Collected data entries
• • • • • • •
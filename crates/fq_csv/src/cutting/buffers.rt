//! The bytes of a file, from which runs of records are taken.
//!
//! Bytes that were not taken move to the front only before the next read; all others are copied once, into the text of their run, as soon
//! as their record is whole. One that is not whole is passed over again once a quarter more bytes are there: so a long one is passed over
//! about five times in all, and what is read ahead of its end is at most a quarter of it. Once it was taken, its memory is given back.
//! Empty lines that no record follows in what was read are passed over, and not kept.
ghost use Rattle.std.specs.Prelude.{◌≡◌, ◌≤◌, ◌<◌, ◌++◌, take, drop, false, true, length, IfOk, IfErr, OnErr, OnOk};
ghost use Rattle.std.specs.Io.KnownBytes.{Keeps};
ghost use Rattle.fq_csv.specs.Buffer.{FailsBy, HandsOn, IsSound, ReadsOn, TakesText, left_of, rest_of, unread_of};
ghost use Rattle.fq_csv.specs.Records.{StopsBy};

use crate::cutting::pieces::Pieces;
use crate::cutting::retrying::Retrying;
use crate::cutting::{Ends, whole_records};
use crate::faults::ScanFault;
use std::alloc::{AllocError, Global};
use std::io::Read;

// How many bytes to ask a reader for.
const CHUNK: usize = 131_072;

// The byte order mark, U+FEFF in UTF-8.
const MARK: [u8; 3] = [0xEF, 0xBB, 0xBF];

/// The bytes of a file that were read and are still needed.
#[derive(Drop)]
pub(crate) struct Buffer<R: Read> {
    pub(crate) file: u16,
    pub(crate) reader: Retrying<R>,
    pub(crate) text: Vec<u8>,
    /// Where in the text the next record starts.
    pub(crate) at: usize,
    /// Whether a byte order mark was looked for.
    pub(crate) has_begun: bool,
    /// Whether the reader is at its end.
    pub(crate) is_last: bool,
    /// Whether the reader failed.
    pub(crate) has_failed: bool,
}

impl<R: Read> Buffer<R> {
    /// A file of which nothing was read.
    pub(crate) fn new(alloc: Global, reader: R, file: u16) -> Buffer<R>
        ensures sound { IsSound R.remaining result }
        ensures file { result.file ≡ file }
        ensures fresh { result.has_failed ≡ false }
        ensures begun { result.has_begun ≡ false }
        ensures left { left_of R.remaining result ≡ R.remaining reader }
    {
        Buffer {
            file,
            reader: Retrying { reader },
            text: Vec::new(alloc),
            at: 0,
            has_begun: false,
            is_last: false,
            has_failed: false,
        }
    }

    // The bytes that were read and not taken.
    fn rest(&self) -> &[u8]
        requires { self.now.at ≤ length self.now.text.items }
        ensures { result.now ≡ rest_of self.now }
    {
        &self.text[self.at..]
    }

    // Whether the text has far more memory than the bytes that were not taken and those of a read need.
    fn is_roomy(&self) -> bool
        requires { self.now.at ≤ length self.now.text.items }
    {
        self.text.capacity() / 4 > self.rest().len() + CHUNK
    }

    // Moves the bytes that were not taken to the start of the text, and gives memory back that a long record took.
    fn compact(&mut self)
        requires { self.old.at ≤ length self.old.text.items }
        ensures same { self.new ≡ record self.old { text = self.new.text; at = 0 } }
        ensures text { self.new.text.items ≡ rest_of self.old }
    {
        if self.at > 0 {
            let left = self.text.len() - self.at;
            self.text.copy_within(self.at.., 0);
            self.text.truncate(left);
            self.at = 0;
        }
        if self.is_roomy() {
            self.text.shrink_to(self.text.len() + CHUNK);
        }
    }

    // Reads once.
    fn read_more(&mut self) -> Result<(), ScanFault>
        requires sound { IsSound R.remaining self.old }
        requires open { self.old.is_last ≡ false }
        ensures sound { IsSound R.remaining self.new }
        ensures file { self.new.file ≡ self.old.file }
        ensures rest { OnErr result (rest_of self.new ≡ rest_of self.old) }
        ensures failed { IfErr result (FailsBy self.old self.new) }
        ensures reads { OnOk result (ReadsOn R.remaining self.old self.new) }
        ensures more { OnOk result (self.new.is_last ≡ false → length (rest_of self.old) < length (rest_of self.new)) }
    {
        self.compact();
        let filled = self.text.len();
        self.text.resize(filled + CHUNK, 0)?;
        match self.reader.read(&mut self.text.as_mut_slice()[filled..]) {
            Ok(count) => {
                self.text.truncate(filled + count);
                self.is_last = count == 0;
                Ok(())
            }
            Err(_) => {
                self.text.truncate(filled);
                self.has_failed = true;
                Err(ScanFault::Read { file: self.file })
            }
        }
    }

    // Reads until so many bytes were not taken, or the file ends.
    fn read_up_to(&mut self, wanted: usize) -> Result<(), ScanFault>
        requires { IsSound R.remaining self.old }
        ensures sound { IsSound R.remaining self.new }
        ensures file { self.new.file ≡ self.old.file }
        ensures failed { IfErr result (StopsBy self.old.file self.new.has_failed) }
        ensures reads { OnOk result (ReadsOn R.remaining self.old self.new) }
        ensures more { OnOk result (self.new.is_last ≡ false → wanted ≤ length (rest_of self.new)) }
    {
        while !self.is_last && self.rest().len() < wanted {
            self.read_more()?;
        }
        Ok(())
    }

    // Skips a byte order mark at the start of the file.
    fn begin(&mut self) -> Result<(), ScanFault>
        requires sound { IsSound R.remaining self.old }
        requires fresh { self.old.has_begun ≡ false }
        ensures sound { IsSound R.remaining self.new }
        ensures file { self.new.file ≡ self.old.file }
        ensures failed { IfErr result (StopsBy self.old.file self.new.has_failed) }
        ensures goes_on { OnOk result (self.new.has_failed ≡ self.old.has_failed) }
        ensures begun { OnOk result (self.new.has_begun ≡ true) }
        ensures left { OnOk result (Keeps (unread_of R.remaining self.old) (unread_of R.remaining self.new)) }
    {
        self.read_up_to(MARK.len())?;
        if self.text.as_slice().starts_with(&MARK) {
            self.at = MARK.len();
        }
        self.has_begun = true;
        Ok(())
    }

    // Adds the first bytes that were not taken to a text, and takes them.
    fn hand_on(&mut self, text: &mut Pieces, len: usize) -> Result<(), AllocError>
        requires sound { IsSound R.remaining self.old }
        requires begun { self.old.has_begun ≡ true }
        requires high { len ≤ length (rest_of self.old) }
        ensures sound { IsSound R.remaining self.new }
        ensures same { self.new ≡ record self.old { text = self.new.text; at = self.new.at } }
        ensures added { OnOk result (text.new ≡ text.old ++ take len (rest_of self.old)) }
        ensures rest { OnOk result (rest_of self.new ≡ drop len (rest_of self.old)) }
    {
        text.add(&self.rest()[..len])?;
        self.at += len;
        if self.is_roomy() {
            self.compact();
        }
        Ok(())
    }

    // Adds the next whole records of the bytes that were not taken to a text, up to so many, and takes them. If they are fewer, and the
    // bytes after them are no record, takes those too.
    fn hand_on_records(&mut self, text: &mut Pieces, wanted: u32) -> Result<Ends, AllocError>
        requires sound { IsSound R.remaining self.old }
        requires begun { self.old.has_begun ≡ true }
        ensures sound { IsSound R.remaining self.new }
        ensures same { self.new ≡ record self.old { text = self.new.text; at = self.new.at } }
        ensures handed { IfOk result (HandsOn R.remaining self.old self.new wanted text.old text.new) }
    {
        let found = whole_records(self.rest(), wanted);
        self.hand_on(text, found.end)?;
        if found.count < wanted && !found.is_open {
            self.at = self.text.len();
        }
        Ok(found)
    }

    // The same as `take`, of a file that was begun.
    fn take_begun(&mut self, alloc: Global, wanted: u32) -> Result<(Pieces, u32), ScanFault>
        requires sound { IsSound R.remaining self.old }
        requires begun { self.old.has_begun ≡ true }
        ensures sound { IsSound R.remaining self.new }
        ensures file { self.new.file ≡ self.old.file }
        ensures failed { IfErr result (StopsBy self.old.file self.new.has_failed) }
        ensures goes_on { OnOk result (self.new.has_failed ≡ self.old.has_failed) }
        ensures taken { IfOk result (λ r. TakesText R.remaining self.old self.new wanted r.0 r.1) }
    {
        let mut text = Pieces::new(alloc);
        let mut count = 0;
        for _ in 0..u64::MAX {
            let found = self.hand_on_records(&mut text, wanted - count)?;
            count += found.count;
            if count == wanted {
                return Ok((text, count));
            }
            let left = self.rest().len();
            if self.is_last {
                if found.is_open {
                    self.hand_on(&mut text, left)?;
                    count += 1;
                }
                return Ok((text, count));
            }
            self.read_up_to(left + left / 4 + 1)?;
        }
        // never reached: no run lives through so many rounds
        Err(ScanFault::Memory)
    }

    /// Takes the next records, up to so many: their text, and how many they are.
    pub(crate) fn take(&mut self, alloc: Global, wanted: u32) -> Result<(Pieces, u32), ScanFault>
        requires { IsSound R.remaining self.old }
        ensures sound { IsSound R.remaining self.new }
        ensures file { self.new.file ≡ self.old.file }
        ensures failed { IfErr result (StopsBy self.old.file self.new.has_failed) }
        ensures goes_on { OnOk result (self.new.has_failed ≡ self.old.has_failed) }
        ensures taken { IfOk result (λ r. TakesText R.remaining self.old self.new wanted r.0 r.1) }
    {
        if !self.has_begun {
            self.begin()?;
        }
        self.take_begun(alloc, wanted)
    }
}
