//! Selections of maps to tabulate.

use crate::skip::Skip;
use cell_core::shelf::Shelf;

/// Maps of a shelf that are tabulated together, and which of their combinations are left out.
#[derive(Clone, Copy)]
pub struct TabulatedMaps<'a, 'b> {
    /// The shelf.
    pub shelf: &'a Shelf,
    /// The indices of the maps on the shelf.
    pub picks: &'b [usize],
    /// Which combinations are left out.
    pub skip: Skip,
}
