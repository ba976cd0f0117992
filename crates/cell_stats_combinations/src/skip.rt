//! Which combinations a table leaves out.

ghost use Rattle.std.specs.Prelude.{◌≡◌};
ghost use Rattle.std.specs.List.{list_any, list_all};
ghost use Rattle.std.specs.Option.{is_none};
ghost use Rattle.cell_stats_combinations.specs.LeftOut.{combination_is_left_out};

use cell_core::cell::Cell;

/// Which combinations a table leaves out (r.stats manual, flags `-n` and `-N`).
#[derive(Clone, Copy, Debug, PartialEq, Eq)]
pub enum Skip {
    /// Leave out nothing.
    Nothing,
    /// Leave out combinations that contain null.
    AnyNull,
    /// Leave out combinations in which all cells are null.
    AllNull,
}

// Returns whether a cell is null.
#[inline(always)]
fn is_null_cell(cell: &Cell) -> bool
    ensures { result ≡ is_none cell.now }
{
    cell.get().is_none()
}

// Returns whether any cell is null.
#[inline(always)]
fn has_null(cells: &[Cell]) -> bool
    ensures { result ≡ list_any is_none cells.now }
{
    cells.iter().any(|cell| is_null_cell(cell))
}

// Returns whether all cells are null.
#[inline(always)]
fn has_nulls_only(cells: &[Cell]) -> bool
    ensures { result ≡ list_all is_none cells.now }
{
    cells.iter().all(|cell| is_null_cell(cell))
}

/// Returns whether a combination is left out. Inlined, because it is called for each run.
#[inline(always)]
pub fn combination_is_left_out(skip: Skip, cells: &[Cell]) -> bool
    ensures { result ≡ combination_is_left_out skip cells.now }
{
    match skip {
        Skip::Nothing => false,
        Skip::AnyNull => has_null(cells),
        Skip::AllNull => has_nulls_only(cells),
    }
}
• • • • • • •
(WHAT YOU NEED TO DO)
Return every line above where "Keeps" appears.

(EXPECTED OUTPUT)
ghost use Rattle.std.specs.Io.KnownBytes.{Keeps};
        ensures left { OnOk result (Keeps (unread_of R.remaining self.old) (unread_of R.remaining self.new)) }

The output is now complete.